:: Work required ::
Which of the lines in the data below contain the string "unfolding"? Copy each of them.

:: Data for review ::
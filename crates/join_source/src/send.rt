//! The pieces of a body, one after the other.

ghost use Rattle.std.specs.Prelude.{◌≡◌, ◌+◌, ◌≤◌, ◌<◌, ℕ, List, [], All, Option, Some, length, map, max, OnErr, OnOk};
ghost use Rattle.std.specs.Io.KnownBytes.{Appends};
ghost use Rattle.dap_types.specs.Limits.{most_piece};
ghost use Rattle.xdr_encode.specs.Faults.{HasCauses};
ghost use Rattle.xdr_encode.specs.Streamed.{Stops};
ghost use Rattle.join_source.specs.Begun.{HaveBegun};
ghost use Rattle.join_source.specs.Pieces.{AreTold, IsInside, PieceAsks, PieceStops, piece_cost, piece_xdr, pieces_cost, pieces_xdr};

use crate::piece::Piece;
use dap_outside::{Buffer, Shelf, Sink, put_all};
use slab_fill::Gate;
use std::thread::Threads;
use xdr_encode::{Fault, send_elements};

/// Puts a piece. The rooms have 65,536 bytes each. Takes no memory.
#[tactic(auto, unfolding(crate::specs::Pieces::piece_xdr, crate::specs::Pieces::piece_cost, crate::specs::Pieces::IsInside, crate::specs::Pieces::PieceAsks, crate::specs::Pieces::PieceStops))]
fn send_piece<R: Threads + Sync, S: Shelf, O: Sink, G: Gate>(
    rt: &R,
    shelf: &mut S,
    files: &mut [S::File],
    out: &mut O,
    buffer: &mut Buffer,
    piece: &Piece,
    raw: &mut [u8],
    sent: &mut [u8],
    workers: u32,
    gate: &G,
) -> Result<(), Fault>
    requires inside { IsInside (map (S.size_of shelf.old) files.old) piece.now }
    requires raw_room { length raw.old ≡ most_piece }
    requires sent_room { length sent.old ≡ most_piece }
    requires some { 1 ≤ workers }
    requires many { workers ≤ 64 }
    ensures ok { OnOk result ((contents : List (List ℕ)) → AreTold (map (S.content shelf.old) files.old) contents → Appends (O.written out.old) (O.written out.new) (piece_xdr piece.now contents)) }
    ensures err { OnErr result ((contents : List (List ℕ)) → AreTold (map (S.content shelf.old) files.old) contents → PieceStops piece.now contents (O.written out.old) (O.written out.new) (S.asked shelf.old) (S.asked shelf.new)) }
    ensures same_files { map (S.content shelf.new) files.new ≡ map (S.content shelf.old) files.old }
    ensures same_sizes { map (S.size_of shelf.new) files.new ≡ map (S.size_of shelf.old) files.old }
    ensures files { S.files shelf.new ≡ S.files shelf.old }
    ensures read { OnOk result (PieceAsks piece.now (S.asked shelf.old) (S.asked shelf.new)) }
    ensures asked { S.asked shelf.new ≤ S.asked shelf.old + piece_cost piece.now }
    ensures greatest { S.greatest shelf.new ≤ max (S.greatest shelf.old) most_piece }
    ensures cause { HasCauses (S.faults shelf.old) (S.faults shelf.new) (O.put_faults out.old) (O.put_faults out.new) result }
    ensures beside { O.beside_writing out.new ≡ O.beside_writing out.old }
{
    match piece {
        Piece::Text(text) => match put_all(out, text.bytes()) {
            Ok(()) => Ok(()),
            Err(_) => Err(Fault::Sink),
        },
        Piece::Elements { member, plan } => {
            let file = &mut files[*member as usize];
            send_elements(rt, shelf, file, out, buffer, plan, raw, sent, workers, gate)
        }
    }
}

/// Puts pieces, one after the other. The rooms have 65,536 bytes each. Takes no memory.
pub fn send_pieces<R: Threads + Sync, S: Shelf, O: Sink, G: Gate>(
    rt: &R,
    shelf: &mut S,
    files: &mut [S::File],
    out: &mut O,
    buffer: &mut Buffer,
    pieces: &[Piece],
    raw: &mut [u8],
    sent: &mut [u8],
    workers: u32,
    gate: &G,
) -> Result<(), Fault>
    requires inside { All (IsInside (map (S.size_of shelf.old) files.old)) pieces.now }
    requires raw_room { length raw.old ≡ most_piece }
    requires sent_room { length sent.old ≡ most_piece }
    requires some { 1 ≤ workers }
    requires many { workers ≤ 64 }
    ensures ok { OnOk result ((contents : List (List ℕ)) → AreTold (map (S.content shelf.old) files.old) contents → Appends (O.written out.old) (O.written out.new) (pieces_xdr pieces.now contents)) }
    ensures err { OnErr result ((contents : List (List ℕ)) (at : ℕ) → AreTold (map (S.content shelf.old) files.old) contents → Stops (pieces_xdr pieces.now contents) (λ put asked. HaveBegun pieces.now contents at (at + put) asked) (O.written out.old) (O.written out.new) (S.asked shelf.old) (S.asked shelf.new)) }
    ensures same_files { map (S.content shelf.new) files.new ≡ map (S.content shelf.old) files.old }
    ensures same_sizes { map (S.size_of shelf.new) files.new ≡ map (S.size_of shelf.old) files.old }
    ensures files { S.files shelf.new ≡ S.files shelf.old }
    ensures asked { S.asked shelf.new ≤ S.asked shelf.old + pieces_cost pieces.now }
    ensures greatest { S.greatest shelf.new ≤ max (S.greatest shelf.old) most_piece }
    ensures cause { HasCauses (S.faults shelf.old) (S.faults shelf.new) (O.put_faults out.old) (O.put_faults out.new) result }
    ensures beside { O.beside_writing out.new ≡ O.beside_writing out.old }
{
    for piece in pieces {
        send_piece(
            rt, shelf, files, out, buffer, piece, raw, sent, workers, gate,
        )?;
    }
    Ok(())
}
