//! What stands around the elements of a leaf (RFC 4506; DAP 2.0, arrays).

ghost use Rattle.std.specs.Prelude.{◌≡◌, ◌≤◌, ◌++◌, IfOk, OnOk};
ghost use Rattle.dap_model.specs.Xdr.{word};
ghost use Rattle.xdr_encode.specs.Leaves.{counts_of, filler_of, zeros_before};

use dap_types::{BaseType, Bytes, Memory};
use std::alloc::Global;
use xdr_encode::zeros_before;

/// The count of an array: once before texts, and else twice.
#[tactic(auto, unfolding(xdr_encode::specs::Leaves::counts_of))]
pub fn counts(alloc: Global, base: BaseType, count: u32) -> Result<Bytes, Memory>
    ensures { IfOk result (λ text. text ≡ counts_of base count) }
{
    match base {
        BaseType::Text | BaseType::Url => once(alloc, count),
        _ => twice(alloc, count),
    }
}

fn once(alloc: Global, count: u32) -> Result<Bytes, Memory>
    ensures { IfOk result (λ text. text ≡ word count) }
{
    Bytes::new(alloc, &count.to_be_bytes())
}

fn twice(alloc: Global, count: u32) -> Result<Bytes, Memory>
    ensures { IfOk result (λ text. text ≡ word count ++ word count) }
{
    let mut text = Vec::with_capacity(alloc, 8)?;
    text.extend_from_slice(&count.to_be_bytes())?;
    text.extend_from_slice(&count.to_be_bytes())?;
    Ok(Bytes::from_vec(text))
}

/// The zero bytes behind so many elements of an array.
pub fn filler(alloc: Global, base: BaseType, count: u32) -> Result<Bytes, Memory>
    ensures { IfOk result (λ text. text ≡ filler_of base count) }
{
    Bytes::new(alloc, xdr_encode::filler(base, count))
}

/// The zero bytes before the byte of a scalar Byte.
pub fn before_scalar(alloc: Global, base: BaseType) -> Result<Bytes, Memory>
    ensures { IfOk result (λ text. text ≡ zeros_before base) }
{
    Bytes::new(alloc, zeros_before(base))
}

:: Expected answer ::
#[tactic(auto, unfolding(crate::specs::Pieces::piece_xdr, crate::specs::Pieces::piece_cost, crate::specs::Pieces::IsInside, crate::specs::Pieces::PieceAsks, crate::specs::Pieces::PieceStops))]
#[tactic(auto, unfolding(xdr_encode::specs::Leaves::counts_of))]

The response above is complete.